For every line in the records below that holds "IsWellSortedApplication", make a copy.

[Start of section]

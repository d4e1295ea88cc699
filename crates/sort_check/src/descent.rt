//! The sort of a term, by a way down that asks nothing of the terms beside it.

ghost use Rattle.std.specs.Prelude.{◌≡◌, ◌<◌, ◌^◌};
ghost use Rattle.pair_pool.specs.Views.{IsUnchanged};
ghost use Rattle.sym_table.specs.Table.{Table, IsLeaf};
ghost use Rattle.term_model.specs.Sorts.{IsOf};
ghost use Rattle.term_model.specs.Terms.{Term, Var, Bindings, let_in};
ghost use Rattle.term_model.specs.declared.symbols.Sort.{Sort};
ghost use Rattle.term_pool.specs.Reading.{IsLetTerm};
ghost use Rattle.term_pool.specs.StandsFor.{variable_leaf};
ghost use Rattle.term_pool.specs.Views.{RefersTo, KeepsTerms};
ghost use Rattle.sort_check.specs.Descent.{IsWellSortedApplication, IsHeadOf, IsStep, IsVariable};
ghost use Rattle.sort_check.specs.WellSorted.{IsWellSortedTerm};

use crate::operators::fixed_sort;
use pair_pool::Ref;
use sym_table::{Kind, Symbols};
use term_model::Sort;
use term_pool::{Shape, Terms};

/// What a look at a term comes to.
enum Step {
    /// The term's sort.
    Found(Sort),
    /// A lower term of the same sort.
    Below(Ref),
}

/// The sort of a well-sorted term (SMT-LIB 2.6, "Well-sorted terms").
///
/// An `ite` has the sort of its branches and a let that of its body, so these are followed down, one term for each; any
/// other term tells its sort at its top. The way may be as long as the term is high. Places no cell in the pool and
/// takes no memory. At each term on the way its arguments or bindings are counted.
pub fn sort_of(symbols: &Symbols, terms: &mut Terms<'_>, r: Ref) -> Sort
    requires { IsWellSortedTerm symbols.now terms.old r }
    ensures sort { (t : Term) → RefersTo symbols.now terms.old r t → IsOf t result }
    ensures keeps { KeepsTerms terms.old terms.new }
    ensures unchanged { IsUnchanged terms.old.pass terms.new.pass }
{
    symbols.leaves_differ();
    terms.equal_exactly_where_terms_are();
    let mut at = r;
    let mut passed = 0u32;
    'down: loop {
        match look_down(symbols, terms, at) {
            Step::Found(sort) => return sort,
            Step::Below(lower) => {
                at = lower;
                passed += 1;
            }
        }
    }
}

/// The sort of a term, or a lower term of the same sort.
fn look_down(symbols: &Symbols, terms: &mut Terms<'_>, r: Ref) -> Step
    requires { IsWellSortedTerm symbols.now terms.old r }
    ensures step { (t : Term) (sort : Sort) → RefersTo symbols.now terms.old r t → IsOf t sort → IsStep symbols.now terms.old t sort result }
    ensures number { r < 2 ^ 31 }
    ensures same { terms.new ≡ terms.old }
{
    let _number = r.number();
    match terms.view(symbols, r) {
        Shape::Num(_) => Step::Found(Sort::Int),
        Shape::Var(leaf) => Step::Found(variable_sort(symbols, leaf)),
        Shape::App { head, .. } => application_step(symbols, terms, r, head),
        Shape::LetTerm { .. } => Step::Below(below_let(terms, r)),
    }
}

/// What a let has the sort of: its body.
fn below_let(terms: &mut Terms<'_>, r: Ref) -> Ref
    requires { IsLetTerm terms.old r }
    ensures body { (s : Table) (bs : Bindings) (u : Term) → RefersTo s terms.old r (let_in bs u) → RefersTo s terms.new result u }
    ensures keeps { KeepsTerms terms.old terms.new }
    ensures unchanged { IsUnchanged terms.old.pass terms.new.pass }
{
    terms.let_body(r)
}

/// The sort of a variable.
fn variable_sort(symbols: &Symbols, leaf: u32) -> Sort
    requires { IsVariable symbols.now leaf }
    ensures { (x : Var) → IsLeaf symbols.now leaf (variable_leaf x) → result ≡ x.sort }
{
    match symbols.kind(leaf) {
        Kind::Var(sort) => sort,
        _ => unreachable!(),
    }
}

/// The sort of an application, or the first branch of an `ite`.
fn application_step(symbols: &Symbols, terms: &mut Terms<'_>, r: Ref, head: u32) -> Step
    requires { IsWellSortedApplication symbols.now terms.old r head }
    ensures step { (t : Term) (sort : Sort) → RefersTo symbols.now terms.old r t → IsOf t sort → IsHeadOf symbols.now head t →
        IsStep symbols.now terms.old t sort result }
    ensures same { terms.new ≡ terms.old }
{
    let Kind::Op(op) = symbols.kind(head) else {
        return Step::Found(symbols.result_sort(head));
    };
    let Some(sort) = fixed_sort(op) else {
        return Step::Below(terms.nth_arg(r, 1));
    };
    Step::Found(sort)
}
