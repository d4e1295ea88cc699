//! The sort of an application.

ghost use Rattle.std.specs.Prelude.{◌≡◌, List, IfSome, IfNone, true};
ghost use Rattle.sym_table.specs.Table.{LeafMeets};
ghost use Rattle.term_model.specs.Sorts.{IsOf, AreOf, IsWellSorted, divides_rightly};
ghost use Rattle.term_model.specs.Terms.{Term, terms_of};
ghost use Rattle.term_pool.specs.Building.{IsAppliedLeaf};
ghost use Rattle.sort_check.specs.Applications.{IsHead, applied_sort};

use crate::functions::check_function;
use crate::operators::check_operator;
use sym_table::{Kind, Symbols};
use term_model::Sort;

/// The sort of an operator or a declared function applied to arguments of these sorts, in order, or None exactly
/// where it may not be applied to so many or to arguments of these sorts (SMT-LIB 2.6, "Well-sorted terms" and the
/// theories Core and Ints).
///
/// The symbol is told by its leaf. No arguments stand for the symbol by itself. Where the arguments are well sorted
/// and of these sorts, the application is of the sort that is returned and well sorted, if it does not divide by
/// anything but a constant other than zero, of which sorts say nothing; and it is not well sorted where none is.
/// Takes time in proportion to the number of sorts, and no memory.
pub fn check_app(symbols: &Symbols, head: u32, sorts: &[Sort]) -> Option<Sort>
    requires { IsHead symbols.now head }
    ensures sort { LeafMeets symbols.now head (λ l. result ≡ applied_sort l sorts.now) }

    // What is accepted is well sorted where it divides by a constant other than zero, and what is refused is not.
    ensures accepted { IfSome result (λ sort. (ts : List Term) (t : Term) → AreOf (terms_of ts) sorts.now → IsAppliedLeaf symbols.now head ts t →
        divides_rightly t ≡ true → IsOf t sort) }
    ensures refused { IfNone result ((ts : List Term) (t : Term) → AreOf (terms_of ts) sorts.now → IsAppliedLeaf symbols.now head ts t → IsWellSorted t → ⊥) }
{
    match symbols.kind(head) {
        Kind::Op(op) => check_operator(op, sorts),
        _ => check_function(symbols, head, sorts),
    }
}
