//! The sort of a term, and of an application of a symbol to arguments of given sorts.
//!
//! Neither call takes memory, and neither places a cell in the pool.
#![tactic(auto)]

mod applications;
mod descent;
mod functions;
mod laws;
mod operators;
mod sorts;

pub use applications::check_app;
pub use descent::sort_of;
pub use laws::{applications_are_judged, heads_of_applications};
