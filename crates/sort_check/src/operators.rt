//! What the operators may be applied to, and the sort that comes of it (SMT-LIB 2.6, the theories Core and Ints).

ghost use Rattle.std.specs.Prelude.{◌≡◌, ◌&&◌, ◌∷◌, [], List, Some, IfSome, IfNone, length, nat_le};
ghost use Rattle.term_model.specs.Sorts.{at_least, of_one_sort, sorts_eq, choice_sort, application_sort};
ghost use Rattle.term_model.specs.declared.symbols.Op.{Op};
ghost use Rattle.term_model.specs.declared.symbols.Sort.{Sort};

use crate::sorts::{all_are, is_only, same, sort_when};
use term_model::{Op, Sort};

/// The sort of an operator applied to arguments of these sorts, or None where it may not be.
pub(crate) fn check_operator(op: Op, sorts: &[Sort]) -> Option<Sort>
    ensures { result ≡ application_sort op sorts.now }
{
    match op {
        Op::True | Op::False => sort_when(sorts.is_empty(), Sort::Bool),
        Op::Not => sort_when(is_only(Sort::Bool, sorts), Sort::Bool),
        Op::And | Op::Or => sort_when(are_at_least(1, Sort::Bool, sorts), Sort::Bool),
        Op::Implies | Op::Xor => sort_when(are_at_least(2, Sort::Bool, sorts), Sort::Bool),
        Op::Equal | Op::Distinct => sort_when(are_alike(sorts), Sort::Bool),
        Op::Ite => choice(sorts),
        Op::Minus | Op::Plus | Op::Times => sort_when(are_at_least(1, Sort::Int, sorts), Sort::Int),
        Op::Div | Op::Mod => sort_when(are_two(Sort::Int, sorts), Sort::Int),
        Op::LessEq | Op::Less => sort_when(are_at_least(2, Sort::Int, sorts), Sort::Bool),
        Op::GreaterEq | Op::Greater => sort_when(are_at_least(2, Sort::Int, sorts), Sort::Bool),
    }
}

/// The sort of an operator in all its applications, or None for `ite`, whose sort is that of its branches.
pub(crate) fn fixed_sort(op: Op) -> Option<Sort>
    ensures fixed { IfSome result (λ sort. (ss : List Sort) (s : Sort) → application_sort op ss ≡ Some s → s ≡ sort) }
    ensures ite { IfNone result (op ≡ Op.Ite) }
{
    match op {
        Op::Ite => None,
        Op::Minus | Op::Plus | Op::Times | Op::Div | Op::Mod => Some(Sort::Int),
        _ => Some(Sort::Bool),
    }
}

/// Whether there are so many sorts or more, and all are this one.
fn are_at_least(count: usize, sort: Sort, sorts: &[Sort]) -> bool
    ensures { result ≡ at_least count sort sorts.now }
{
    count <= sorts.len() && all_are(sort, sorts)
}

/// Whether there are just two sorts, and both are this one.
fn are_two(sort: Sort, sorts: &[Sort]) -> bool
    ensures { result ≡ sorts_eq (sort ∷ sort ∷ []) sorts.now }
{
    match sorts {
        [first, second] => same(sort, *first) && same(sort, *second),
        _ => false,
    }
}

/// Whether there are two sorts or more, and all are one.
fn are_alike(sorts: &[Sort]) -> bool
    ensures { result ≡ (nat_le 2 (length sorts.now) && of_one_sort sorts.now) }
{
    match sorts {
        [first, rest @ ..] => !rest.is_empty() && all_are(*first, rest),
        [] => false,
    }
}

/// The sort of an `ite`: that of both branches, where its condition is a truth value.
fn choice(sorts: &[Sort]) -> Option<Sort>
    ensures { result ≡ choice_sort sorts.now }
{
    match sorts {
        [test, first, second] => {
            let fits = same(Sort::Bool, *test) && same(*first, *second);
            sort_when(fits, *first)
        }
        _ => None,
    }
}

[End of section]

• **Task answer**
ghost use Rattle.sort_check.specs.Descent.{IsWellSortedApplication, IsHeadOf, IsStep, IsVariable};
    requires { IsWellSortedApplication symbols.now terms.old r head }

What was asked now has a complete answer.